■ **Task instructions**
Locate each line in the records containing "specs". Copy it.

[Opening Provided data section]

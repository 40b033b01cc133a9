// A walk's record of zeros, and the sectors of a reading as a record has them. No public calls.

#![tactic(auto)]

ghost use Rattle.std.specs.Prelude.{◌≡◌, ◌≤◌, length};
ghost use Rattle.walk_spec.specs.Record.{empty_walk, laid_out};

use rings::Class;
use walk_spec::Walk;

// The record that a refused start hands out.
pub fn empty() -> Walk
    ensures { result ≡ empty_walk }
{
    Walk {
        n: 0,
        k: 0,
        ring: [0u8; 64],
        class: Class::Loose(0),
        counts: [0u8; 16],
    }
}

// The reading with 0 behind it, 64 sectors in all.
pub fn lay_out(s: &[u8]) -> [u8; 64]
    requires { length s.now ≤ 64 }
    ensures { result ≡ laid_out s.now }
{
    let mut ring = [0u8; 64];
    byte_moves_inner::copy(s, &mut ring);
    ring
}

[Closing Provided data section]

■ **Solution**
ghost use Rattle.std.specs.Prelude.{◌≡◌, ◌≤◌, length};
ghost use Rattle.walk_spec.specs.Record.{empty_walk, laid_out};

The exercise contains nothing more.